I asked Maja, one of my best friends, for some advice from a mother to a mother-to-be… We met back in 1995 when we worked at McDonalds! We were the youngest but probably the most crazy party girls working there. Living in Dubai we don’t see each other so much but I know she is always there for me – and she has given her daughter Emma some great sleeping habits which we want to copy!! She is due with her second baby daughter a few weeks after me! 😉
The photos above are small memories from the days long before Maja and I even thought about kids, family-life and had no desire to have a boyfriend – it was all about fun and party! The first photo is from New Years Eve 2001 in Aarhus and being from a smaller town we were very excited to go out in Denmarks second largest city. Think we went to the floating nightclub called Broen! Yes – lots of white eye shadow 🙂 The other photo is (only!) about 9 years old and from a bar in Copenhagen where I worked for a few years and was the place to go on weekends. I guess white eye shadow and bleached blonde hair was STILL on fashion in 2005 😉
SO back to the her mummy advice – here you go:
1) I have always been known for being a structured person, a person who has everything in order and never forgets anything! In the beginning having a baby turns your world upside down! Suddenly there is a third person who is completely depending on you and needs you 24/7. My boyfriend and I had our first challenge when we had an appointment at the hospital – the day after the birth. The appointment was at 10am and we only had a 10 minutes drive. We decieded to leave our home at 09:30… We came 10 minutes late AND forgot the bag with diapers and other nursury stuff in!! I think we were both annoyed at eachother because we are never late, as in NEVER and we both see ourselves as perfectionists! What I want to say with this is, accept that things are different and you don’t have to be perfect all the time. It will take some time to figure out how the day will be – but at some stage you will “get back on track” 😉
2) My second advice is more practical… As long as your child needs to be breastfed in the night it will be YOU who is woken up and has a lack of sleep. Let your husband sleep so he will be rested in the morning and ready to go to work. During the day, sleep when your baby sleeps, and when your husband comes home from work let him take over the baby duties. This way he will have energy to spend some time with the baby instead of being a zombie at work and being to tired to spend some time with you and the baby when he comes home. (DID TOM ASK YOU TO WRITE THIS ONE??? 🙂 )

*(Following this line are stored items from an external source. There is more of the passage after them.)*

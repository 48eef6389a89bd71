//! The lines of objects that are in a store.

ghost use Rattle.std.specs.Prelude.{◌≡◌, IfOk, OnOk, option_map, string_bytes};
ghost use Rattle.hp_model.specs.Report.{objects_text};
ghost use Rattle.hp_store.specs.Mapped.{cell_value};
ghost use Rattle.hp_store.specs.Stack.{cells_in};
ghost use Rattle.hp_report.specs.Mapped as model;
ghost use Rattle.hp_report.specs.Stored.{stored_line, stored_lines, IsClassText, IsObjectText, IsStateText, GainsOf};
ghost use Rattle.hp_report.specs.Text.{Gains, class_text};

use crate::names::Names;
use crate::text::{put_object_line, put_state};
use hp_rule::Library;
use hp_store::{CellValue, Store};
use hp_tree::ObjectName;
use hp_value::{Cell, ClassNo, Key};
use std::alloc::{AllocError, Global};

/// The lines of a state, as a report has them at its end: its objects, and the status of each rule.
///
/// The time goes with the objects. An error means that memory ran out.
pub fn state_text(alloc: Global, library: &Library, store: &Store) -> Result<String, AllocError>
    ensures { IfOk result (λ text.
        IsStateText (model.library library.now) (cells_in store.now) (string_bytes text)) }
{
    let mut out = String::new(alloc);
    put_state(alloc, &mut out, library, store)?;
    Ok(out)
}

/// The lines of a class's objects, as a report's final state has them, by ascending keys.
///
/// The time goes with the objects of the class. An error means that memory ran out.
pub fn class_text(
    alloc: Global,
    library: &Library,
    store: &Store,
    class: ClassNo,
) -> Result<String, AllocError>
    ensures { IfOk result (λ text.
        IsClassText (model.library library.now) (cells_in store.now) class (string_bytes text)) }
{
    let mut out = String::new(alloc);
    put_class(alloc, &mut out, library, store, class)?;
    Ok(out)
}

/// The line of an object, as a report's final state has it, or no line if there is no such object.
///
/// An error means that memory ran out.
pub fn object_text(
    alloc: Global,
    library: &Library,
    store: &Store,
    class: ClassNo,
    key: Key,
) -> Result<String, AllocError>
    ensures { IfOk result (λ text.
        IsObjectText (model.library library.now) (cells_in store.now) class key (string_bytes text)) }
{
    let names = Names {
        classes: library.classes(),
        rules: library.rules(),
    };
    let mut out = String::new(alloc);
    let value = store.get(Cell::Object(class, key));
    put_stored_object(alloc, &mut out, &names, class, key, value)?;
    Ok(out)
}

/// The lines of all objects of a store, by class and then by key.
///
/// An error means that memory ran out, or that there are more classes than there are class numbers.
pub(crate) fn put_all_objects(
    alloc: Global,
    out: &mut String,
    library: &Library,
    store: &Store,
) -> Result<(), AllocError>
    ensures { let lib = model.library library.now in
        OnOk result (GainsOf lib (cells_in store.now) (λ S. objects_text lib S.objects) out.old out.new) }
{
    for index in 0..store.class_bound() {
        let class = class_number(index)?;
        put_class(alloc, out, library, store, class)?;
    }
    Ok(())
}

/// The number of the class at an index. An error means that there is none: the index is 2^32 or more.
fn class_number(index: usize) -> Result<ClassNo, AllocError>
    ensures { IfOk result (λ class. class ≡ index) }
{
    ClassNo::try_from(index).map_err(|_| AllocError)
}

/// The lines of the objects of a class.
fn put_class(
    alloc: Global,
    out: &mut String,
    library: &Library,
    store: &Store,
    class: ClassNo,
) -> Result<(), AllocError>
    ensures { let lib = model.library library.now in
        OnOk result (GainsOf lib (cells_in store.now) (λ S. class_text lib class S.objects) out.old out.new) }
{
    let names = Names {
        classes: library.classes(),
        rules: library.rules(),
    };
    let keys = store.keys(alloc, class)?;
    put_stored_objects(alloc, out, &names, store, class, &keys)
}

/// The lines of the objects of a class with these keys.
fn put_stored_objects(
    alloc: Global,
    out: &mut String,
    names: &Names<'_>,
    store: &Store,
    class: ClassNo,
    keys: &[Key],
) -> Result<(), AllocError>
    ensures { OnOk result (Gains out.old out.new
        (stored_lines (model.library_of names.now) (cells_in store.now) class keys.now)) }
{
    for key in keys {
        let value = store.get(Cell::Object(class, *key));
        put_stored_object(alloc, out, names, class, *key, value)?;
    }
    Ok(())
}

/// The line of an object, if its cell holds a row.
fn put_stored_object(
    alloc: Global,
    out: &mut String,
    names: &Names<'_>,
    class: ClassNo,
    key: Key,
    value: Option<&CellValue>,
) -> Result<(), AllocError>
    ensures { OnOk result (Gains out.old out.new (stored_line (model.library_of names.now) class key
        (option_map (λ v. cell_value v.now) value.entry))) }
{
    match value {
        Some(CellValue::Row(row)) => {
            put_object_line(alloc, out, names, &ObjectName { class, key }, row)
        }
        Some(CellValue::Status(_) | CellValue::Detector(_)) | None => Ok(()),
    }
}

3) The 3rd advice is about not forgetting eachother as a couple… A good sleeping routine leaves time for you and your husband in the evening. Start as quick as possible to have routines for the evenings. Teach your baby to fall asleep in his own bed by himself. It might take some time but be patient – it will be worth it!! When you feel ready to let him be taken care of by a nanny – DO it! It doesn’t have to be for several hours but go out, have some dinner together, go see a movie or anything for a change of scene, just remember it’s okay to have some time together without the baby – and talk about something else other than your baby 😉 I know it’s difficult… And you will probably think, “what if the nanny doesn’t hear him cry, what if she can’t comfort him and what if, what if…” She CAN, she might not do it exactly the way YOU would have done it, but I promise he will be just fine. For us it took way too long to let our daughter be in someone else’s care, I assume it’s easier with number 2!!
Having children is a blessing and brings you so much love and happiness. All parents want to give their children a good childhood, no matter what the outcome will be, just do everything with love – then I’m sure everything will turn out the right way…
Thank You Maja, I will try to follow your advice!